> TASK TO CARRY OUT: Where in the entries below does "channel" appear? Copy every line that has it.

> Stored data:
┌──
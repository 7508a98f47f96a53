//! The line that shows how far a run is.
use crossbeam_utils::sync::Parker;
use std::alloc::Global;
use std::fmt::{Display, Formatter};
use std::io::{Eprint, Write};
use std::sync::{Mutex, Wait};
use std::time::{Clock, Duration, Instant};
use std::{fmt, io};
use vc_words::{Meter, Progress, Unit};

/// The milliseconds between two lines.
const PAUSE: u64 = 100;

/// What clears the line.
const CLEAR: &str = "\r\x1b[K";

/// How far a run is, and since when it has run.
#[derive(Drop)]
struct Reading {
    progress: Progress,
    done: u64,
    since: Duration,
}

impl Reading {
    /// How many the run makes a second.
    fn rate(&self) -> u128 {
        u128::from(self.done).saturating_mul(1000) / self.since.as_millis().max(1)
    }
}

impl Display for Reading {
    fn fmt<W: fmt::Write>(&self, f: &mut Formatter<W>) -> fmt::Result {
        let unit = match self.progress.unit {
            Unit::Events => "events",
            Unit::Turns => "turns",
        };
        write!(f, "{} {unit}, {}/s", self.done, self.rate())?;
        match self.progress.most {
            Some(most) => {
                let share = u128::from(self.done).saturating_mul(100) / u128::from(most.max(1));
                write!(f, ", {share}% of the limit")
            }
            None => Ok(()),
        }
    }
}

/// What is on the line.
#[derive(Drop)]
enum Shown {
    /// Nothing yet.
    Nothing,
    /// How far the run is.
    Reading,
    /// Nothing any more.
    Over,
}

/// The line of standard error that shows how far a run is.
#[derive(Drop)]
pub(crate) struct Line<'a, R> {
    rt: &'a R,
    shown: Mutex<Shown>,
}

impl<'a, R: Eprint + Wait> Line<'a, R> {
    /// A line with nothing on it.
    pub(crate) fn new(rt: &'a R) -> Line<'a, R> {
        Line {
            rt,
            shown: Mutex::new(Shown::Nothing),
        }
    }

    /// Whether nothing will be on the line any more.
    fn is_over(&self) -> bool {
        let shown = self.shown.lock(self.rt);
        match *shown {
            Shown::Over => true,
            Shown::Nothing | Shown::Reading => false,
        }
    }

    /// Puts a reading on the line, unless the line is over. The answer is whether it is there.
    fn put(&self, reading: &Reading) -> bool {
        let mut shown = self.shown.lock(self.rt);
        match *shown {
            Shown::Over => false,
            Shown::Nothing | Shown::Reading => {
                *shown = Shown::Reading;
                eprint!(self.rt; "{CLEAR}{reading}").is_ok()
            }
        }
    }

    /// Clears the line, and puts nothing on it any more.
    pub(crate) fn end(&self) {
        let mut shown = self.shown.lock(self.rt);
        match *shown {
            Shown::Reading => {
                let _ = eprint!(self.rt; "{CLEAR}");
            }
            Shown::Nothing | Shown::Over => {}
        }
        *shown = Shown::Over;
    }

    /// Shows ten times a second how far a run is, until the line is over. It ends, too, if the line can't be written or the clock can't be
    /// read.
    pub(crate) fn follow(&self, parker: &Parker<Global>, progress: Progress, meter: &Meter)
    where
        R: Clock,
    {
        let Ok(start) = Instant::now(self.rt) else {
            return;
        };
        for _ in self.rt.forever() {
            parker.park_timeout(self.rt, Duration::from_millis(PAUSE));
            if self.is_over() {
                return;
            }
            let Ok(since) = start.elapsed(self.rt) else {
                return;
            };
            let done = meter.done();
            let reading = Reading {
                progress,
                done,
                since,
            };
            if !self.put(&reading) {
                return;
            }
        }
    }
}

/// A writer that may share its terminal with the line: then what is written ends the line first.
#[derive(Drop)]
pub(crate) struct Screen<'out, 'line, 'rt, W, R> {
    out: &'out mut W,
    line: Option<&'line Line<'rt, R>>,
}

impl<'out, 'line, 'rt, W: Write, R: Eprint + Wait> Screen<'out, 'line, 'rt, W, R> {
    /// The writer, and the line if both are on one terminal.
    pub(crate) fn new(out: &'out mut W, line: Option<&'line Line<'rt, R>>) -> Self {
        Screen { out, line }
    }
}

impl<W: Write, R: Eprint + Wait> Write for Screen<'_, '_, '_, W, R> {
    fn write(&mut self, buf: &[u8]) -> io::Result<usize> {
        if let Some(line) = self.line {
            line.end();
        }
        self.out.write(buf)
    }

    fn flush(&mut self) -> io::Result<()> {
        self.out.flush()
    }
}
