//! The virtual channel processor of a node: the calls by which it is run, each a step of the node.
//!
//! A channel is named by its number in the network, a link by its number at the node, 0 to 3. A question about another link is
//! answered false, or with nothing. A call that finds no memory answers `Memory`, or with the message that it was given, and has
//! changed nothing.
ghost use Rattle.std.specs.Prelude.{◌≡◌, ◌≢◌, ◌<◌, ◌≤◌, None, Ok, ℕ, List, length, slice_get, ◌↔◌, [], false, Some, IsTrue, IsOk, IsSome, IfOk, IfErr, IfSome, OnOk, OnErr};
ghost use Rattle.vc_vcp.specs.Names.{named};
ghost use Rattle.std.specs.List.{AllByRecursion};
ghost use Rattle.vc_blocks.specs.Messages.{listed};
ghost use Rattle.vc_packets.specs.declared.packet.Packet.{Packet};
ghost use Rattle.vc_vcp.specs.Private.Bound.{IsBound};
ghost use Rattle.vc_vcp.specs.State.{CountsStray, IsInput, IsIdle, IsUnwanted, IsOpen, MayPut, MayGrant, IsPieceOf, limit_of};
ghost use Rattle.vc_vcp.specs.VcpView.{ends_of, seen, Inputs, IsKept, taken_of, passed_of};
ghost use Rattle.vc_vcp.specs.Private.VcpView.{Acks};
ghost use Rattle.vc_vcp.specs.Links.{new_vcp, Comes, LeavesWhole, Passes, Sends, SendsFct};
ghost use Rattle.vc_credit.specs.Ends.{IsFront};
ghost use Rattle.vc_vcp.specs.Steps.{Offers, Stops, Arrives, Stray};
ghost use Rattle.vc_vcp.specs.Able.{CanOffer, CanWant, CanFetch, CanStop, CanPut, CanLeaveWhole, CanGrant, CanPass, IsReady};
ghost use Rattle.std.specs.Option.{option_copied};
ghost use Rattle.vc_vcp.specs.Opening.{ends_given, AreDistinct};
ghost use Rattle.vc_tokens.specs.CodeTokens.{token};
ghost use Rattle.vc_tokens.specs.Tokens.{Byte, Fct, EndMark};
ghost use Rattle.vc_credit.specs.Laws.{NeedsPlace};

use crate::bound::Bound;
use crate::end::End;
use crate::hints::Hints;
use crate::input::{self, Input};
use crate::link_in::LinkIn;
use crate::link_out::LinkOut;
use crate::opening::{self, LINKS};
use crate::output::Output;
use crate::places::{input_of, input_on, output_of, output_on};
use crate::taken::{self, Taken};
use std::alloc::{AllocFailed, Global};
use std::marker::Model;
use vc_blocks::{Messages, Want};
use vc_packets::{Bytes, Kind, Mark, Memory, Packet, kind_of};
use vc_tokens::Token;

/// The virtual channel processor of a node: the halves of its virtual links, and the two ends of its four links.
pub struct Vcp {
    alloc: Global,
    outputs: Vec<Output>,
    inputs: Vec<Input>,
    outs: Vec<LinkOut>,
    ins: Vec<LinkIn>,
    strays: u64,
    output_hints: Box<Hints>,
    input_hints: Box<Hints>,
}

impl Drop for Vcp {
    // written, so that the crates above need not prove again how all that it holds is dropped
    fn drop(self) {
        let Vcp {
            alloc: _,
            outputs: _,
            inputs: _,
            outs: _,
            ins: _,
            strays: _,
            output_hints: _,
            input_hints: _,
        } = self;
    }
}

impl Model for Vcp {
    ghost use Rattle.vc_vcp.specs.State.{State, IsWired};

    ghost Value = { State };

    ghost view = { λ x. record {
      outputs = x.outputs.items;
      inputs = x.inputs.items;
      outs = x.outs.items;
      ins = x.ins.items;
      strays = x.strays;
    } };

    ghost invariant = { λ x. IsWired (record {
      outputs = x.outputs.items;
      inputs = x.inputs.items;
      outs = x.outs.items;
      ins = x.ins.items;
      strays = x.strays;
    }) };
}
└──
> TASK RESULT:
//! The virtual channel processor of a node: the calls by which it is run, each a step of the node.
//! A channel is named by its number in the network, a link by its number at the node, 0 to 3. A question about another link is
/// The virtual channel processor of a node: the halves of its virtual links, and the two ends of its four links.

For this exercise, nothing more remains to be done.